TASK BRIEF: Every line of the records below that holds the word "FileId" should be copied out.

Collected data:
__________

//! What standard input and output are. If an input is the output, too, what is printed would be searched and printed
//! again, until the disk is full.
use std::fs;
use std::fs::Metadata;
use std::os::unix::fs::MetadataExt;

/// The paths at which the system has what is open as standard input, and as standard output.
const INPUT: &str = "/proc/self/fd/0";

const OUTPUT: &str = "/proc/self/fd/1";

/// Which file or folder of the system something is.
#[derive(Clone, Copy, PartialEq, Eq)]
pub struct FileId {
    device: u64,
    number: u64,
}

/// Returns whether the input of this name is a regular file to which standard output goes.
pub fn is_output(rt: &HostRuntime, name: &str) -> bool {
    match file_at(rt, OUTPUT) {
        Some(output) => file_at(rt, input_path(name)) == Some(output),
        None => false,
    }
}

/// Returns whether standard input is a regular file.
pub fn is_file_input(rt: &HostRuntime) -> bool {
    file_at(rt, INPUT).is_some()
}

/// Returns how many bytes the input of this name has. None if it is not a regular file.
pub fn input_size(rt: &HostRuntime, name: &str) -> Option<u64> {
    let metadata = regular_file(rt, input_path(name))?;
    Some(metadata.len())
}

/// Returns the path of the input of this name.
fn input_path(name: &str) -> &str {
    if name == "-" { INPUT } else { name }
}

/// Returns which regular file is at the path. There is none if something else is there.
fn file_at(rt: &HostRuntime, path: &str) -> Option<FileId> {
    let metadata = regular_file(rt, path)?;
    Some(id_of(&metadata))
}

/// Returns the properties of the regular file at the path. There are none if something else is there.
fn regular_file(rt: &HostRuntime, path: &str) -> Option<Metadata> {
    match fs::metadata(rt, path) {
        Ok(metadata) if metadata.is_file() => Some(metadata),
        _ => None,
    }
}

/// Returns which file or folder has these properties.
pub fn id_of(metadata: &Metadata) -> FileId {
    FileId {
        device: metadata.dev(),
        number: metadata.ino(),
    }
}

__________

RESULT OF THE TASK:
pub struct FileId {
fn file_at(rt: &HostRuntime, path: &str) -> Option<FileId> {
pub fn id_of(metadata: &Metadata) -> FileId {
    FileId {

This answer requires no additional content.